_Task prompt_
When the line containing "kept = self.marks.those_left(alloc, self.members.get(section))?;" appears in the data below, begin copying there and stop only after the line containing "for demand in".

_Records for processing_
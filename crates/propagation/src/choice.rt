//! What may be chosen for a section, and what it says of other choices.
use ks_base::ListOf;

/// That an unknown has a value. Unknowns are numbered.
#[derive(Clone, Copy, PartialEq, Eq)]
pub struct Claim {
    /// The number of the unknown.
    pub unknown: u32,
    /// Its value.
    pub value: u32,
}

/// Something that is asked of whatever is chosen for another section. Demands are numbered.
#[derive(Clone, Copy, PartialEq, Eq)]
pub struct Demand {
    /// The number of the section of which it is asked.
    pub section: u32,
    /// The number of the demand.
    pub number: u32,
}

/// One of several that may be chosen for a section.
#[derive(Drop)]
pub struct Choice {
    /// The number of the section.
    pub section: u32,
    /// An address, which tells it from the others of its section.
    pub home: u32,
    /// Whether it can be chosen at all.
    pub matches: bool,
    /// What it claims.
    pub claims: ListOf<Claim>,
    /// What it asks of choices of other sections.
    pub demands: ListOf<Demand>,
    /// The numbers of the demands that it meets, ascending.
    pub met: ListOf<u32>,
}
--
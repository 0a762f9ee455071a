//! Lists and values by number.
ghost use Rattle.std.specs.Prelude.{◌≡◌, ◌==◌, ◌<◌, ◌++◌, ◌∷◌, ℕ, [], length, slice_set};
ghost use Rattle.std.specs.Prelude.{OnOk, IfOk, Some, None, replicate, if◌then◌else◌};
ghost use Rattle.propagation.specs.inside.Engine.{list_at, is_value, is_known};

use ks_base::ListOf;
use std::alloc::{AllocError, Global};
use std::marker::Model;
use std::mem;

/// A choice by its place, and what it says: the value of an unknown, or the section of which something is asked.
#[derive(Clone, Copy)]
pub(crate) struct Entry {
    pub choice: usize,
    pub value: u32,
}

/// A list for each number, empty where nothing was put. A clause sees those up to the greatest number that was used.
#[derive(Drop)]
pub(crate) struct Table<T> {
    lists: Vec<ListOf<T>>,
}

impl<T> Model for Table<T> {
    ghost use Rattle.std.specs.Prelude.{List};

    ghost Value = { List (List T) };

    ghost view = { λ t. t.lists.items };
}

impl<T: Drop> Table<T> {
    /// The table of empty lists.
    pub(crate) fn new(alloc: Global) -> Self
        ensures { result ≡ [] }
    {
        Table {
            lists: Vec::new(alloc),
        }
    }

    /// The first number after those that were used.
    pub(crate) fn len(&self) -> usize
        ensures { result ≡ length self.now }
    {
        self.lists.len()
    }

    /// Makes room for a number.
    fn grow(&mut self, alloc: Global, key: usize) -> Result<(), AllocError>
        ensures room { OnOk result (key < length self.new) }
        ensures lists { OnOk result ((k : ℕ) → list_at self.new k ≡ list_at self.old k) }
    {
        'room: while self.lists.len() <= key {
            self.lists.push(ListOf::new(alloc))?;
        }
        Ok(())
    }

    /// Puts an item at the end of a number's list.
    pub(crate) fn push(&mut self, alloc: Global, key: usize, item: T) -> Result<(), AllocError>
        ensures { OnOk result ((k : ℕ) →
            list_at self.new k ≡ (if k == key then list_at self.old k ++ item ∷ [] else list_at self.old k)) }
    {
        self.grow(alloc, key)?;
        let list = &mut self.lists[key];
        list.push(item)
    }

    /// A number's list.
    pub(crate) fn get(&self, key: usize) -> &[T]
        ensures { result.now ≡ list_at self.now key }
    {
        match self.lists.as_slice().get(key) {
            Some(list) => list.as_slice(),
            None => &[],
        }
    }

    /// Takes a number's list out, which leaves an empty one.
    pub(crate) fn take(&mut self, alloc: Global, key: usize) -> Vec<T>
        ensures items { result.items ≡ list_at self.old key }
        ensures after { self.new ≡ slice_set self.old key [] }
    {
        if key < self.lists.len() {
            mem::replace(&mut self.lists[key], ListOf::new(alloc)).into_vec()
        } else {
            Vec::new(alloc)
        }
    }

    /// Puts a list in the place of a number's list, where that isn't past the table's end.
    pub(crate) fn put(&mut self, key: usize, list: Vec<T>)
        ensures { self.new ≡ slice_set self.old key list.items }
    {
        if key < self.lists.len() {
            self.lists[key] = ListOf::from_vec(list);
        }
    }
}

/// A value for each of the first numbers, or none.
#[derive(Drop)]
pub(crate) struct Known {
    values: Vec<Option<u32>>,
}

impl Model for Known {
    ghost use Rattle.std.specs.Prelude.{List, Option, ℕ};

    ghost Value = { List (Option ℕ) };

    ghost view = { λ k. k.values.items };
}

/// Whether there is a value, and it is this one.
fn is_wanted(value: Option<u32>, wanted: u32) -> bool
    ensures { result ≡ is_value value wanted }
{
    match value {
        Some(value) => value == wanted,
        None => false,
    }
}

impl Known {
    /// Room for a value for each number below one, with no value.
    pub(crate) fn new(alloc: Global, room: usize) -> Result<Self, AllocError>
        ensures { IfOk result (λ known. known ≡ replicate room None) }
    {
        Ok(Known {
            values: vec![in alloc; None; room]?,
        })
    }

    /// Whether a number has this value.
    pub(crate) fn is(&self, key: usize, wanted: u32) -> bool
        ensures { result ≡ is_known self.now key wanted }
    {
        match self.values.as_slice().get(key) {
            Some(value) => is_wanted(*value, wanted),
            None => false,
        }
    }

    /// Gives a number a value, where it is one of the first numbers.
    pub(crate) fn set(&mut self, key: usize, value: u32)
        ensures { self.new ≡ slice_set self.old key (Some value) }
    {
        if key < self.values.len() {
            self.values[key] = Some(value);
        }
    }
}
==
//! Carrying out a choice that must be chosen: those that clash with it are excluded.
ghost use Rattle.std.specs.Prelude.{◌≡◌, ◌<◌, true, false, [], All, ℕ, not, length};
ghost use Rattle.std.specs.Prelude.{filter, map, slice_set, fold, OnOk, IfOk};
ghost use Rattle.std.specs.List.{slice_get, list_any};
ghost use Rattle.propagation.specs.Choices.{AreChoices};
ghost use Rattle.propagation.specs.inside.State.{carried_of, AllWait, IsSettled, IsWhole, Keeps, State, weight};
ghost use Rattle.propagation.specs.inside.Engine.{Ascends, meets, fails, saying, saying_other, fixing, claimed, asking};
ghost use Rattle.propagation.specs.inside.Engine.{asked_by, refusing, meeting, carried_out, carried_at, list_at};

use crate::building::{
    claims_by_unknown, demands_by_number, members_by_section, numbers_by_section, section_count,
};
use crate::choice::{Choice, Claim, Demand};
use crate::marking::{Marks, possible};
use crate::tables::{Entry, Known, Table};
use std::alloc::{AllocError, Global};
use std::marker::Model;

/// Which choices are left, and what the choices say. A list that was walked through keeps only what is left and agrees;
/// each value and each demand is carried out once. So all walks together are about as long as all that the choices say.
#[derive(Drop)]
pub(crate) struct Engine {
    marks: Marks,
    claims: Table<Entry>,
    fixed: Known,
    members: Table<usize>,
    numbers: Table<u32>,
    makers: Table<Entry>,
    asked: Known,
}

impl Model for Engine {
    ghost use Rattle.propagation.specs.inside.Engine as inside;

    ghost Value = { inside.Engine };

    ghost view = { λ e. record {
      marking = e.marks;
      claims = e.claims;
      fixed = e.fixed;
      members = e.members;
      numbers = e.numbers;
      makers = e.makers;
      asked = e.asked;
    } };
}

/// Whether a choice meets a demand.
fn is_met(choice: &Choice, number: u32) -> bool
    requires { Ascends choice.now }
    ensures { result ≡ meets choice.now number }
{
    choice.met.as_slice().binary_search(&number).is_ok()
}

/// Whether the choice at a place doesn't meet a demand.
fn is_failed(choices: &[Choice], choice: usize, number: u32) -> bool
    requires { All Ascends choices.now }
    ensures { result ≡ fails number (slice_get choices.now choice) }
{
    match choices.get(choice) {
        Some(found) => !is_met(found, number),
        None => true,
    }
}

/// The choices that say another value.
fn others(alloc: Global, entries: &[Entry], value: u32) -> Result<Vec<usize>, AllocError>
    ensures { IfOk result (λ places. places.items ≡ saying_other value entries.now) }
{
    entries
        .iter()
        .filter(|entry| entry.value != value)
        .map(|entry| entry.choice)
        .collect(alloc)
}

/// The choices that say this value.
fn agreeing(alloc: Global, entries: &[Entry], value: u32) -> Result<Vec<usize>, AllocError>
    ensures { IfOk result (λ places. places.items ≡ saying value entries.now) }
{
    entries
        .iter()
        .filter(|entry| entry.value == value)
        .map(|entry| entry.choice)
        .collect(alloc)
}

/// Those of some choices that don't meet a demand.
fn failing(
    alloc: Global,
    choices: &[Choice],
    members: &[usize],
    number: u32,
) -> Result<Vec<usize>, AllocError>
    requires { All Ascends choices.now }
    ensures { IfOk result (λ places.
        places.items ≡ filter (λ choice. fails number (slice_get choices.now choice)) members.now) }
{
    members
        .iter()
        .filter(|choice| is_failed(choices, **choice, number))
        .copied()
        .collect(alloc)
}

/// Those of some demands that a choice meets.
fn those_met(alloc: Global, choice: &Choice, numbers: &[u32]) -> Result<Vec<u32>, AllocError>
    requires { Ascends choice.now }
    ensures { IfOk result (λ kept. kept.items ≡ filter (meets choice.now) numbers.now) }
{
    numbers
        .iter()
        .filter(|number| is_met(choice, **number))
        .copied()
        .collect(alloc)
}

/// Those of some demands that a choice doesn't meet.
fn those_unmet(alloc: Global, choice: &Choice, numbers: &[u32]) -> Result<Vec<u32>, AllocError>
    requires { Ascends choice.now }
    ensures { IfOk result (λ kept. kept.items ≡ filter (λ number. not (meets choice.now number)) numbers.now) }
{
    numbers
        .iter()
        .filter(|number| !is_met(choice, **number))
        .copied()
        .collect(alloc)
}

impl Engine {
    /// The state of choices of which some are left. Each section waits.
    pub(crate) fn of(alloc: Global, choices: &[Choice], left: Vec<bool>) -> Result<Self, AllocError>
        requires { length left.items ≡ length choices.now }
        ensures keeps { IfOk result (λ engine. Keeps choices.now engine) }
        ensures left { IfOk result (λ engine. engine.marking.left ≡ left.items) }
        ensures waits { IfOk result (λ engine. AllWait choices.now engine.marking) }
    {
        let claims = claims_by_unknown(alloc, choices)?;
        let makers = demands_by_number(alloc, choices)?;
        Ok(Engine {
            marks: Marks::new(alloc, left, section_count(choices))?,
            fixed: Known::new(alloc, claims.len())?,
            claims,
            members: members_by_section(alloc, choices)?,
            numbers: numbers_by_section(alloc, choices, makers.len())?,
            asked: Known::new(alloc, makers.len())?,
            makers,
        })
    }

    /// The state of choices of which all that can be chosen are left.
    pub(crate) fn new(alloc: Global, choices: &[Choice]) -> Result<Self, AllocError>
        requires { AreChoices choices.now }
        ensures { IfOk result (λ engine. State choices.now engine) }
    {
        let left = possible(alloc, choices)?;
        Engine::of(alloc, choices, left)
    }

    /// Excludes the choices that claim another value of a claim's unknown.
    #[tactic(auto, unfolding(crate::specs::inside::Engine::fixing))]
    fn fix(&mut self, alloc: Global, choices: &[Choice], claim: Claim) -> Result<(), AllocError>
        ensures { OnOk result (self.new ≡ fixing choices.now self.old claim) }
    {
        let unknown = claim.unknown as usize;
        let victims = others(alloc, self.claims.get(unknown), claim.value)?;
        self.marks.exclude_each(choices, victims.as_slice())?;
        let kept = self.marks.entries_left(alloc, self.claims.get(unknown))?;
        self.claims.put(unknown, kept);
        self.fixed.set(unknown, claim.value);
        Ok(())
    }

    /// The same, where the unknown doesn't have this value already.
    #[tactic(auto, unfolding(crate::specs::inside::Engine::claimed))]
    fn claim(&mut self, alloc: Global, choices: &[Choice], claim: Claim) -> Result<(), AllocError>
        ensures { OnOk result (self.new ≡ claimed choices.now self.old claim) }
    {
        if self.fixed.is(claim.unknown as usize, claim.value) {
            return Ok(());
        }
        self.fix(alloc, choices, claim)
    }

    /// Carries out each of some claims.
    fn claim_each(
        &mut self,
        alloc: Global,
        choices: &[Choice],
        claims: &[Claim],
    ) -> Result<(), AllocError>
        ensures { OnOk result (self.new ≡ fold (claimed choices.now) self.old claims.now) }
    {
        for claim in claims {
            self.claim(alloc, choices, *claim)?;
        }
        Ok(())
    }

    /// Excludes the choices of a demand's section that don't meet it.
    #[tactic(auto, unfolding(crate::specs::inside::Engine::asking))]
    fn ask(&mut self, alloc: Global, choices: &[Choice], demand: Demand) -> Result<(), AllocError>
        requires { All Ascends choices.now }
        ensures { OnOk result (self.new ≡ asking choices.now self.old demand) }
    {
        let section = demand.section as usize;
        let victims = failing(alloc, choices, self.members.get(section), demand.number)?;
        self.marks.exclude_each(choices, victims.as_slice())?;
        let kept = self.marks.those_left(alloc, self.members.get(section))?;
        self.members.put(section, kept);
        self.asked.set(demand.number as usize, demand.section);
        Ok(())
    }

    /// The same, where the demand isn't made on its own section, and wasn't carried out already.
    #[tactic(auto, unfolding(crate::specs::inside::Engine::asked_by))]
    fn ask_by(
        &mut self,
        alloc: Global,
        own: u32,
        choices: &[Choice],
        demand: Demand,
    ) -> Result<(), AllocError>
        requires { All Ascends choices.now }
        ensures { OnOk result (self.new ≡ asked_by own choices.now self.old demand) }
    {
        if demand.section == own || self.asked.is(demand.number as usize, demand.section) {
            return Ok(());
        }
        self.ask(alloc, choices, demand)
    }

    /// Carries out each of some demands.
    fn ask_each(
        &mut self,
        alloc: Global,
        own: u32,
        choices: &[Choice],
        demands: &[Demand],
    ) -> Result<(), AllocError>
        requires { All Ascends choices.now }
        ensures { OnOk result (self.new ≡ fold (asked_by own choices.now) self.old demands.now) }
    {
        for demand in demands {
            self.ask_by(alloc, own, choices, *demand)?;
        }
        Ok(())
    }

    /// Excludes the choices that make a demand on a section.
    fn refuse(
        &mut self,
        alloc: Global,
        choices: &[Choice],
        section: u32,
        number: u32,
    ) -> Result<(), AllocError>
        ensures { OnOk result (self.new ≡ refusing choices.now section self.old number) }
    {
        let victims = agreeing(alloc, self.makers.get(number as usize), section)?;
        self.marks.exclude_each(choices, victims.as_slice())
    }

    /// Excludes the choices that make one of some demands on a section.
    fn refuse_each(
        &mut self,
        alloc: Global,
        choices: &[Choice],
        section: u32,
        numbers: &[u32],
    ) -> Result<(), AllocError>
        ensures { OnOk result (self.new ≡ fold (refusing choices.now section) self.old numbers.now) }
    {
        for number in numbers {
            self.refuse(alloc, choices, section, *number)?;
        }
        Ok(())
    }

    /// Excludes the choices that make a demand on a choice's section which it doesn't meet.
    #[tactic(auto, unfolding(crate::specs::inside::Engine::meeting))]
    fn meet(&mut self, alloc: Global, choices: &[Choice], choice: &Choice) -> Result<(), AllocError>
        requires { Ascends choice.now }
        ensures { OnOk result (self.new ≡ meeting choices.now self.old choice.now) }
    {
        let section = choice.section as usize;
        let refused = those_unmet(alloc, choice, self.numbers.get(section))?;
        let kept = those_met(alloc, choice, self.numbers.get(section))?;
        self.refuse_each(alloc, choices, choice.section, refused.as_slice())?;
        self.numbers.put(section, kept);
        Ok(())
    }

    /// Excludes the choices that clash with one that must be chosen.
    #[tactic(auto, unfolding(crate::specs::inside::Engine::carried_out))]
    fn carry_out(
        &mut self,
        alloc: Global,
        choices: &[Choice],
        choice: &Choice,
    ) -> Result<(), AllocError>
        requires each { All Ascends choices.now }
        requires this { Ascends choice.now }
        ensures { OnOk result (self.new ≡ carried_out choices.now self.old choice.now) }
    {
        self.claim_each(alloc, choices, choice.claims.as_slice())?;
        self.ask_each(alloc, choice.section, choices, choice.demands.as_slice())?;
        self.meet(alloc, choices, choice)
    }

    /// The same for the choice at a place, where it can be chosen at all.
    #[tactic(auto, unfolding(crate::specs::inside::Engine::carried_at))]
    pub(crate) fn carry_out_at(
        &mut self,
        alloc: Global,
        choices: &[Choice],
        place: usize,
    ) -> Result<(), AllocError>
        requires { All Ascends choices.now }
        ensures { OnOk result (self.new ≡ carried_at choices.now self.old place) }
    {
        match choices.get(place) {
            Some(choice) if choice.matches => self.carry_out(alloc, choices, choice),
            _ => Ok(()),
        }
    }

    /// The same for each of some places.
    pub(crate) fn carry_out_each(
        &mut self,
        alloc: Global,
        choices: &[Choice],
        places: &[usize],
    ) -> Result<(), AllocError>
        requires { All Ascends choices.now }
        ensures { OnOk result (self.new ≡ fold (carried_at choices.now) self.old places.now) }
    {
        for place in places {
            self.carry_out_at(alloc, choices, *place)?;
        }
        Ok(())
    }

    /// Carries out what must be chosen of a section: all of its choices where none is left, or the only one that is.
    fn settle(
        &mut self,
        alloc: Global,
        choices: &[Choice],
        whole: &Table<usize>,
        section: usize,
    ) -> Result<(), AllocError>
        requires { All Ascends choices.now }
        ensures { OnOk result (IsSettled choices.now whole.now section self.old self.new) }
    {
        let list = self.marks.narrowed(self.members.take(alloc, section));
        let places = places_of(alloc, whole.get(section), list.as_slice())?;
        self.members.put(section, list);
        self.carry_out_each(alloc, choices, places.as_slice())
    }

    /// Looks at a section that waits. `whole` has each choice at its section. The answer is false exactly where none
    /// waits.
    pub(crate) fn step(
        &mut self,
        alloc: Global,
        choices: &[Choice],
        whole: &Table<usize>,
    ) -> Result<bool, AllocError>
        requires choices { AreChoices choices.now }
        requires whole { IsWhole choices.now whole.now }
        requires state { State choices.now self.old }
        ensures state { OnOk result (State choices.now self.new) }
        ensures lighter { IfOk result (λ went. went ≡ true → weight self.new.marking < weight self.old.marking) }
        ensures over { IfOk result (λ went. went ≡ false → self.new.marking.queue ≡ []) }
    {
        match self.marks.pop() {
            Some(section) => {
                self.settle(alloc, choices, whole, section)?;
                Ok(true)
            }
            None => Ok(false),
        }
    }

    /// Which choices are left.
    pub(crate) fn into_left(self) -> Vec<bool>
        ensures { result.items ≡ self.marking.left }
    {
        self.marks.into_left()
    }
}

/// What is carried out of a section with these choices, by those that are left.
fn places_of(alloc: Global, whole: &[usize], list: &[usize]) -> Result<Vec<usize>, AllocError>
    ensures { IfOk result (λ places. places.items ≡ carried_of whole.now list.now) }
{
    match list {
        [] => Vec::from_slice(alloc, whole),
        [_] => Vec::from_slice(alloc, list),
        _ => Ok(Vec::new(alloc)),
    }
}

_Answer section_
        let kept = self.marks.those_left(alloc, self.members.get(section))?;
        self.members.put(section, kept);
        self.asked.set(demand.number as usize, demand.section);
        Ok(())
    }

    /// The same, where the demand isn't made on its own section, and wasn't carried out already.
    #[tactic(auto, unfolding(crate::specs::inside::Engine::asked_by))]
    fn ask_by(
        &mut self,
        alloc: Global,
        own: u32,
        choices: &[Choice],
        demand: Demand,
    ) -> Result<(), AllocError>
        requires { All Ascends choices.now }
        ensures { OnOk result (self.new ≡ asked_by own choices.now self.old demand) }
    {
        if demand.section == own || self.asked.is(demand.number as usize, demand.section) {
            return Ok(());
        }
        self.ask(alloc, choices, demand)
    }

    /// Carries out each of some demands.
    fn ask_each(
        &mut self,
        alloc: Global,
        own: u32,
        choices: &[Choice],
        demands: &[Demand],
    ) -> Result<(), AllocError>
        requires { All Ascends choices.now }
        ensures { OnOk result (self.new ≡ fold (asked_by own choices.now) self.old demands.now) }
    {
        for demand in demands {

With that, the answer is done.